:: Task goal ::
Using the entries that follow, write out the line containing "tower at most.", the line containing "pub fn one_tower_fault()", and every line between them, exactly and nothing else.

Items from a dataset:

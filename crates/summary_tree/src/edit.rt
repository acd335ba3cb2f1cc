//! Insertions, removals and replacements: each goes one way down and settles the nodes on the way back up. Nodes
//! are edited in place, and each step down is one of `go_left` or `go_right`, which count it.

ghost use Rattle.std.specs.Prelude.{◌≡◌, ◌+◌, ◌-◌, ◌^◌, ◌<◌, ◌≤◌, ◌++◌, None, min, max, IsTrue, MatchOption, length};
ghost use Rattle.std.specs.Borrow.{Lends, sem};
ghost use Rattle.summary_tree.specs.contracts.node.Node.{the_row};
ghost use Rattle.summary_tree.specs.contracts.node.Tree.{the_row as the_tree};
ghost use Rattle.summary_tree.specs.Order.{AreInOrder, HasNoneAt, with_item, without_item, item_at, with_replaced};
ghost use Rattle.summary_tree.specs.Layers.{no_layers, DifferByAtMost, KeepsLayers};
ghost use Rattle.summary_tree.specs.Node.{items_of, HasSidesInOrder, IsAlone, HasTakenFirst, HasTakenItem};

use crate::balance::settle;
use crate::node::{Node, Tree, close, keep};
use crate::{Keyed, Summarizes};
use std::mem;

impl<T: Copy, S: Summarizes<T>> Node<T, S> {
    fn go_left(&mut self, steps: &mut u64) -> &mut Tree<T, S>
        ensures* lent { sem 𝓛 (Lends (the_row T.row S.row S.Summarizes) (the_tree T.row S.row S.Summarizes) self.entry result (λ w. record self.entry.now { left = w })) }
        ensures value { result.now ≡ self.old.left }
        ensures counted { steps.new ≡ min (steps.old + 1) (2 ^ 64 - 1) }
        ensures rises { steps.old ≤ steps.new }
    {
        *steps = steps.saturating_add(1);
        &mut self.left
    }

    fn go_right(&mut self, steps: &mut u64) -> &mut Tree<T, S>
        ensures* lent { sem 𝓛 (Lends (the_row T.row S.row S.Summarizes) (the_tree T.row S.row S.Summarizes) self.entry result (λ w. record self.entry.now { right = w })) }
        ensures value { result.now ≡ self.old.right }
        ensures counted { steps.new ≡ min (steps.old + 1) (2 ^ 64 - 1) }
        ensures rises { steps.old ≤ steps.new }
    {
        *steps = steps.saturating_add(1);
        &mut self.right
    }
}

impl<T: Keyed, S: Summarizes<T>> Node<T, S> {
    /// The law of items in order: those of each side are in order. It does nothing: a proof that needs the law has
    /// it by a call.
    #[inline(always)]
    #[tactic(auto, using(crate::proofs::Sides::sides_in_order))]
    fn sides_are_in_order(&self)
        requires { AreInOrder T.key T.comes_before (items_of self.now) }
        ensures { HasSidesInOrder T.key T.comes_before self.now }
    {}
}

impl<T: Keyed, S: Summarizes<T>> Tree<T, S> {
    /// Puts a node that has nothing on its sides in its place. Returns whether the tree keeps its height and its
    /// summary: then the trees above it do too.
    #[tactic(auto, using(crate::proofs::Sides::with_left, crate::proofs::Sides::with_right, crate::proofs::Sides::none_left, crate::proofs::Sides::none_right))]
    pub(crate) fn insert(&mut self, place: Box<Node<T, S>>, steps: &mut u64) -> bool
        requires order { AreInOrder T.key T.comes_before self.old.items }
        requires new_key { HasNoneAt T.key (T.key place.value.item) self.old.items }
        requires alone { IsAlone place.value }
        requires room { self.old.height < 255 }
        ensures items { self.new.items ≡ with_item T.key T.comes_before place.value.item self.old.items }
        ensures not_lower { self.old.height ≤ self.new.height }
        ensures at_most_one_higher { self.new.height ≤ self.old.height + 1 }
        ensures stays { IsTrue result → KeepsLayers self.old self.new }
        ensures steps { steps.new ≤ steps.old + self.old.height }
        ensures rises { steps.old ≤ steps.new }
        ensures counts { 0 < length self.old.items → min (steps.old + 1) (2 ^ 64 - 1) ≤ steps.new }
    {
        T::keys_are_in_one_order();
        let Some(top) = &mut self.top else {
            *self = close(place);
            return false;
        };
        top.sides_are_in_order();
        if T::comes_before(place.item.key(), top.item.key()) {
            let stays = top.go_left(steps).insert(place, steps);
            settle(top, stays)
        } else {
            let stays = top.go_right(steps).insert(place, steps);
            settle(top, stays)
        }
    }

    /// Takes the node of that key out. Returns also whether the tree keeps its height and its summary.
    #[tactic(auto, using(crate::proofs::Sides::at_left, crate::proofs::Sides::at_right, crate::proofs::Sides::at_here, crate::proofs::Sides::without_left, crate::proofs::Sides::without_right, crate::proofs::Sides::without_here))]
    pub(crate) fn remove(&mut self, key: T::Key, steps: &mut u64) -> (Option<Box<Node<T, S>>>, bool)
        requires order { AreInOrder T.key T.comes_before self.old.items }
        ensures item { MatchOption result.0 (item_at T.key T.same key self.old.items ≡ None) (λ node. HasTakenItem T.key T.same node.value key self.old.items) }
        ensures items { self.new.items ≡ without_item T.key T.same key self.old.items }
        ensures not_higher { self.new.height ≤ self.old.height }
        ensures at_most_one_lower { self.old.height ≤ self.new.height + 1 }
        ensures stays { IsTrue result.1 → KeepsLayers self.old self.new }
        ensures steps { steps.new ≤ steps.old + self.old.height }
        ensures rises { steps.old ≤ steps.new }
    {
        T::keys_are_in_one_order();
        let Some(top) = &mut self.top else {
            return (None, true);
        };
        top.sides_are_in_order();
        if T::comes_before(key, top.item.key()) {
            let (taken, stays) = top.go_left(steps).remove(key, steps);
            return (taken, settle(top, stays));
        }
        if T::comes_before(top.item.key(), key) {
            let (taken, stays) = top.go_right(steps).remove(key, steps);
            return (taken, settle(top, stays));
        }
        let Some(top) = self.top.take() else {
            unreachable!()
        };
        let (others, alone) = join_sides(top, steps);
        *self = others;
        (Some(alone), false)
    }

    /// Puts an item in the place of the one that has its key, if there is one. Returns whether the tree keeps its
    /// summary.
    #[tactic(auto, using(crate::proofs::Sides::replaced_left, crate::proofs::Sides::replaced_right, crate::proofs::Sides::replaced_here))]
    pub(crate) fn replace(&mut self, item: &T, steps: &mut u64) -> bool
        requires order { AreInOrder T.key T.comes_before self.old.items }
        ensures items { self.new.items ≡ with_replaced T.key T.same item.now self.old.items }
        ensures height { self.new.height ≡ self.old.height }
        ensures stays { IsTrue result → KeepsLayers self.old self.new }
        ensures steps { steps.new ≤ steps.old + self.old.height }
        ensures rises { steps.old ≤ steps.new }
    {
        T::keys_are_in_one_order();
        let Some(top) = &mut self.top else {
            return true;
        };
        top.sides_are_in_order();
        let stays = if T::comes_before(item.key(), top.item.key()) {
            top.go_left(steps).replace(item, steps)
        } else if T::comes_before(top.item.key(), item.key()) {
            top.go_right(steps).replace(item, steps)
        } else {
            top.item = *item;
            false
        };
        settle(top, stays)
    }

    /// Takes the first node out.
    fn take_first(&mut self, steps: &mut u64) -> Option<Box<Node<T, S>>>
        ensures first { MatchOption result ((self.old ≡ no_layers) × (self.new ≡ no_layers)) (λ node. HasTakenFirst node.value self.old.items self.new.items) }
        ensures not_higher { self.new.height ≤ self.old.height }
        ensures at_most_one_lower { self.old.height ≤ self.new.height + 1 }
        ensures steps { steps.new ≤ steps.old + self.old.height }
        ensures rises { steps.old ≤ steps.new }
    {
        let Some(top) = &mut self.top else {
            return None;
        };
        if let Some(first) = top.go_left(steps).take_first(steps) {
            let _ = settle(top, false);
            return Some(first);
        }
        let Some(mut top) = self.top.take() else {
            unreachable!()
        };
        *self = mem::replace(&mut top.right, Tree::new());
        Some(top)
    }
}

/// The tree of both sides of a node, and the node with nothing on its sides.
fn join_sides<T: Keyed, S: Summarizes<T>>(
    mut top: Box<Node<T, S>>,
    steps: &mut u64,
) -> (Tree<T, S>, Box<Node<T, S>>)
    requires near { DifferByAtMost 1 top.value.left.height top.value.right.height }
    requires room { max top.value.left.height top.value.right.height < 255 }
    ensures items { result.0.items ≡ top.value.left.items ++ top.value.right.items }
    ensures item { result.1.value.item ≡ top.value.item }
    ensures alone { IsAlone result.1.value }
    ensures not_lower { max top.value.left.height top.value.right.height ≤ result.0.height }
    ensures at_most_one_higher { result.0.height ≤ max top.value.left.height top.value.right.height + 1 }
    ensures steps { steps.new ≤ steps.old + (max top.value.left.height top.value.right.height + 1) }
    ensures rises { steps.old ≤ steps.new }
{
    let left = mem::replace(&mut top.left, Tree::new());
    let Some(mut first) = top.go_right(steps).take_first(steps) else {
        return (left, top);
    };
    first.left = left;
    first.right = mem::replace(&mut top.right, Tree::new());
    let _ = settle(&mut first, false);
    (keep(first), top)
}
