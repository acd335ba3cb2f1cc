//! The registers of a tower by number, and by name.

ghost use Rattle.std.specs.Prelude.{◌≡◌, ◌≤◌, ◌<◌, ◌∷◌, ◌++◌, [], length, None, IfSome, OnOk, OnErr, IfErr};
ghost use Rattle.std.specs.Option.{option_map};
ghost use Rattle.std.specs.List.{slice_get};
ghost use Rattle.intervals.specs.Terms.{terms_of, IsKnownUnlessAtomic};
ghost use Rattle.tower_file.specs.Contents.{number_of};
ghost use Rattle.tower_file.specs.Views.{kept_register};
ghost use Rattle.tower_file.specs.Located.{NoneForMemory};
ghost use Rattle.tower_file.specs.declared.fault.TowerFault.TheVariants.{Memory};

use crate::located::LocatedFault;
use indexmap::IndexMap;
use intervals::{Claim, RegId};
use std::alloc::Global;
use std::marker::Model;

/// What is kept of a register beside its name.
#[derive(Drop)]
pub struct NameEntry {
    pub claim: Claim,
    pub level: usize,
    pub parts: Vec<RegId>,
}

/// At most 65,536 registers, in the order in which they were added.
#[derive(Drop)]
pub struct Registers {
    by_name: IndexMap<Vec<u8>, NameEntry>,
}

impl Model for Registers {
    ghost use Rattle.std.specs.Prelude.{◌≤◌, List, map, length};
    ghost use Rattle.tower_file.specs.Contents.{Register};
    ghost use Rattle.tower_file.specs.Views.{kept_register, AreKnown};

    ghost Value = { List Register };

    ghost view = { λ r. map kept_register r.by_name.entries };

    ghost invariant = { λ r. (length r.by_name.entries ≤ 65536) × AreKnown r.by_name.entries };
}

impl Registers {
    pub fn new(alloc: Global) -> Registers
        ensures { result ≡ [] }
    {
        Registers {
            by_name: IndexMap::new(alloc),
        }
    }

    pub fn len(&self) -> usize
        ensures length { result ≡ length self.now }
        ensures most { result ≤ 65536 }
    {
        self.by_name.len()
    }

    /// The number of the register of that name, if there is one.
    pub fn find(&self, name: &[u8]) -> Option<RegId>
        ensures { result ≡ number_of self.now name.now }
    {
        match self.by_name.get_index_of(name) {
            Some(number) => Some(RegId(number as u32)),
            None => None,
        }
    }

    /// The name of a register, and what is kept beside it, if there is such a register.
    pub fn get(&self, id: RegId) -> Option<(&Vec<u8>, &NameEntry)>
        ensures kept { option_map (λ entry. kept_register (entry.0.now, entry.1.now)) result ≡ slice_get self.now id.0 }
        ensures known { IfSome result (λ entry. IsKnownUnlessAtomic (terms_of entry.1.now.claim)) }
    {
        self.by_name.get_index(id.0 as usize)
    }

    /// Adds a register of a new name.
    pub fn push(&mut self, name: Vec<u8>, entry: NameEntry) -> Result<(), LocatedFault>
        requires new { number_of self.old name.items ≡ None }
        requires room { length self.old < 65536 }
        requires known { IsKnownUnlessAtomic (terms_of entry.claim) }
        ensures ok { OnOk result (self.new ≡ self.old ++ kept_register (name, entry) ∷ []) }
        ensures err { OnErr result (self.new ≡ self.old) }
        ensures memory { IfErr result (λ located. located.fault ≡ Memory) }
        ensures nowhere { IfErr result (λ located. NoneForMemory located) }
    {
        self.by_name.insert(name, entry)?;
        Ok(())
    }
}
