//! Laws of the tower file. Each is the contract of a function that does nothing.

ghost use Rattle.std.specs.Prelude.{◌≡◌, ◌⊎◌, ℕ, List};
ghost use Rattle.tower_file.specs.Alone.{alone_text, alone_tower};
ghost use Rattle.tower_file.specs.Contents.{TowerModel, AreKnownUnlessAtomic};
ghost use Rattle.tower_file.specs.Tower.{IsTowerOf, HasTowerFault};
ghost use Rattle.tower_file.specs.Located.{ByteSpan, HasFaultAt};
ghost use Rattle.tower_file.specs.declared.fault.TowerFault.{TowerFault};
ghost use Rattle.tower_file.specs.declared.fault.TowerFault.TheVariants.{Memory};

use edn_reader::laws::{
    each_is_element, members_of_vector, one_division, one_fault, pairs_of_map, text_or_fault,
};

/// A text says one tower at most.
pub fn one_tower()
    ensures { (bytes : List ℕ) (first second : TowerModel) → IsTowerOf bytes first → IsTowerOf bytes second → first ≡ second }
{
    one_division();
    pairs_of_map();
    members_of_vector();
}

/// A text has one fault of a tower file at most.
pub fn one_tower_fault()
    ensures { (bytes : List ℕ) (first second : TowerFault) → HasTowerFault bytes first → HasTowerFault bytes second → first ≡ second }
{
    one_division();
    one_fault();
    text_or_fault();
    pairs_of_map();
    members_of_vector();
}

/// A text says a tower or has a fault, and not both.
pub fn tower_or_fault()
    ensures one { (bytes : List ℕ) → ((tower : TowerModel) × IsTowerOf bytes tower) ⊎ ((fault : TowerFault) × HasTowerFault bytes fault) }
    ensures not_both { (bytes : List ℕ) (tower : TowerModel) (fault : TowerFault) → IsTowerOf bytes tower → HasTowerFault bytes fault → ⊥ }
{
    each_is_element();
    one_division();
    text_or_fault();
    pairs_of_map();
    members_of_vector();
}

/// A fault has one place in a text at most.
pub fn one_place()
    ensures { (bytes : List ℕ) (fault : TowerFault) (first second : ByteSpan) → HasFaultAt bytes fault first → HasFaultAt bytes fault second → first ≡ second }
{
    one_division();
    text_or_fault();
    pairs_of_map();
    members_of_vector();
}

/// No text has the fault that memory was refused.
pub fn no_text_wants_memory()
    ensures { (bytes : List ℕ) → HasTowerFault bytes Memory → ⊥ }
{}

/// Of each register that a text says to be safe or regular the initial value is known.
pub fn known_unless_atomic()
    ensures { (bytes : List ℕ) (tower : TowerModel) → IsTowerOf bytes tower → AreKnownUnlessAtomic tower.registers }
{}

/// The text of `one_register` says the register `r` on the level `top`, and no other.
pub fn text_of_one_register()
    ensures { IsTowerOf alone_text alone_tower }
{}
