//! Reads the levels of a tower.

ghost use Rattle.std.specs.Prelude.{◌≡◌, ◌≢◌, List, Option, Some, Ok, Err, IfOk, IfErr, OnOk, codes};
ghost use Rattle.edn_reader.specs.Grammar.{ElementModel};
ghost use Rattle.edn_reader.specs.Pairs.{HasMembers};
ghost use Rattle.edn_reader.specs.Lent.{piece_of, PairsLeft, MembersLeft};
ghost use Rattle.edn_reader.specs.Given.{Given, One, seen};
ghost use Rattle.tower_file.specs.Form.{under, RegisterForm, LevelForm, IsGiven, IsVectorOf, IsRegister, IsLevel};
ghost use Rattle.tower_file.specs.Steps.{GivesSeen};
ghost use Rattle.tower_file.specs.Located.{at_key, pairs_under, byte_span_of, fault_alone, NoneForMemory, IsInLevel, IsAmongLevels};
ghost use Rattle.tower_file.specs.Reading.{name_in, vector_in, level_after, levels_after};
ghost use Rattle.tower_file.specs.Keeping.{IsLevelKept, ReachesKept};
ghost use Rattle.tower_file.specs.Views.{contents_with};
ghost use Rattle.tower_file.specs.Stated.{FormsLeft, ShowsOrMemory, IsSpanned, IsVectorAt};
ghost use Rattle.tower_file.specs.declared.fault.TowerFault.TheVariants.{Memory};

use crate::element::{needed, read_name};
use crate::fault::{TowerFault, TowerField};
use crate::locate::at_key;
use crate::located::{LocatedFault, located};
use crate::register::read_registers;
use crate::registers::Registers;
use edn_reader::{Element, Field, MapView, VectorView};
use std::alloc::Global;

/// Reads levels, and adds them and their registers to those before.
pub fn read_levels(
    alloc: Global,
    view: VectorView,
    levels: &mut Vec<Vec<u8>>,
    registers: &mut Registers,
) -> Result<(), LocatedFault>
    ensures ok { OnOk result ((forms : List (Option LevelForm)) → FormsLeft IsLevel view.entry forms
        → levels_after (contents_with levels.old registers.old) forms ≡ Ok (contents_with levels.new registers.new)) }
    ensures err { IfErr result (λ located. located.fault ≢ Memory → (forms : List (Option LevelForm)) → FormsLeft IsLevel view.entry forms
        → levels_after (contents_with levels.old registers.old) forms ≡ Err located.fault) }
    ensures span { IfErr result (λ located. located.fault ≢ Memory → (forms : List (Option LevelForm)) (are : FormsLeft IsLevel view.entry forms)
        → IsSpanned (IsAmongLevels (contents_with levels.old registers.old) located.fault are.0) located.span) }
    ensures nowhere { IfErr result (λ located. NoneForMemory located) }
    ensures memory { IfErr result (λ located. located.fault ≡ Memory → (forms : List (Option LevelForm)) → FormsLeft IsLevel view.entry forms
        → ReachesKept (contents_with levels.old registers.old) forms) }
{
    let mut left = view;
    while let Some(element) = left.next() {
        read_level(alloc, &element, levels, registers)?;
    }
    Ok(())
}

fn read_level(
    alloc: Global,
    element: &Element,
    levels: &mut Vec<Vec<u8>>,
    registers: &mut Registers,
) -> Result<(), LocatedFault>
    ensures ok { OnOk result ((form : Option LevelForm) → IsLevel (piece_of element.now) form
        → level_after (contents_with levels.old registers.old) form ≡ Ok (contents_with levels.new registers.new)) }
    ensures err { IfErr result (λ located. located.fault ≢ Memory → (form : Option LevelForm) → IsLevel (piece_of element.now) form
        → level_after (contents_with levels.old registers.old) form ≡ Err located.fault) }
    ensures span { IfErr result (λ located. located.fault ≢ Memory → (form : Option LevelForm) → IsLevel (piece_of element.now) form
        → IsSpanned (IsInLevel (contents_with levels.old registers.old) located.fault (piece_of element.now)) located.span) }
    ensures nowhere { IfErr result (λ located. NoneForMemory located) }
    ensures memory { IfErr result (λ located. located.fault ≡ Memory → (form : Option LevelForm) → IsLevel (piece_of element.now) form → IsLevelKept form) }
{
    let Some(map) = element.as_map() else {
        return Err(located(TowerFault::Shape(TowerField::Levels), element));
    };
    let name = level_name(element, &map)?;
    let view = vector_under(element, &map, b":registers", TowerField::Registers)?;
    read_registers(alloc, view, levels.len(), registers)?;
    levels.push(Vec::from_slice(alloc, name)?)?;
    Ok(())
}

fn level_name<'t>(element: &Element<'t>, map: &MapView<'t>) -> Result<&'t [u8], LocatedFault>
    ensures name { (pairs : List (ElementModel × ElementModel)) → PairsLeft map.now pairs
        → GivesSeen (λ name. name.now) (fault_alone result) (name_in TowerField.Name (under (codes ":name") pairs)) }
    ensures span { IfErr result (λ located. (pairs : List (ElementModel × ElementModel)) → PairsLeft map.now pairs
        → located.span ≡ Some (byte_span_of (at_key (piece_of element.now) (pairs_under (codes ":name") pairs)))) }
    ensures shape { IfErr result (λ located. located.fault ≢ Memory) }
{
    match read_name(&map.field(b":name")) {
        Ok(name) => Ok(name),
        Err(fault) => Err(located(fault, &at_key(element, map, b":name"))),
    }
}

/// The vector under a key that a map must have once; a fault has the span of what is wrong at the key.
pub fn vector_under<'t>(
    element: &Element<'t>,
    map: &MapView<'t>,
    key: &[u8],
    name: TowerField,
) -> Result<VectorView<'t>, LocatedFault>
    ensures registers { (pairs : List (ElementModel × ElementModel)) (given : Given (Option (List (Option RegisterForm)))) → PairsLeft map.now pairs
        → IsGiven (IsVectorOf IsRegister) (under key.now pairs) given → ShowsOrMemory (FormsLeft IsRegister) (fault_alone result) (vector_in name given) }
    ensures levels { (pairs : List (ElementModel × ElementModel)) (given : Given (Option (List (Option LevelForm)))) → PairsLeft map.now pairs
        → IsGiven (IsVectorOf IsLevel) (under key.now pairs) given → ShowsOrMemory (FormsLeft IsLevel) (fault_alone result) (vector_in name given) }
    ensures shape { IfErr result (λ located. located.fault ≡ TowerFault.Shape name) }
    ensures vector { IfOk result (λ view. (pairs : List (ElementModel × ElementModel)) → PairsLeft map.now pairs → IsVectorAt (pairs_under key.now pairs) view) }
    ensures span { IfErr result (λ located. (pairs : List (ElementModel × ElementModel)) → PairsLeft map.now pairs
        → located.span ≡ Some (byte_span_of (at_key (piece_of element.now) (pairs_under key.now pairs)))) }
{
    match read_vector(&map.field(key), name) {
        Ok(view) => Ok(view),
        Err(fault) => Err(located(fault, &at_key(element, map, key))),
    }
}

/// The vector in a field that must be there once.
fn read_vector<'t>(field: &Field<'t>, name: TowerField) -> Result<VectorView<'t>, TowerFault>
    ensures registers { (given : Given (Option (List (Option RegisterForm)))) → IsGiven (IsVectorOf IsRegister) (seen field.now) given
        → ShowsOrMemory (FormsLeft IsRegister) result (vector_in name given) }
    ensures levels { (given : Given (Option (List (Option LevelForm)))) → IsGiven (IsVectorOf IsLevel) (seen field.now) given
        → ShowsOrMemory (FormsLeft IsLevel) result (vector_in name given) }
    ensures shape { IfErr result (λ fault. fault ≡ TowerFault.Shape name) }
    ensures vector { IfOk result (λ view. (value : ElementModel) × (seen field.now ≡ One value) × ((members : List ElementModel) → MembersLeft view members → HasMembers value members)) }
{
    match needed(field, name)?.as_vector() {
        Some(view) => Ok(view),
        None => Err(TowerFault::Shape(name)),
    }
}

:: Result for this task ::
/// A text says one tower at most.
pub fn one_tower()
    ensures { (bytes : List ℕ) (first second : TowerModel) → IsTowerOf bytes first → IsTowerOf bytes second → first ≡ second }
{
    one_division();
    pairs_of_map();
    members_of_vector();
}

/// A text has one fault of a tower file at most.
pub fn one_tower_fault()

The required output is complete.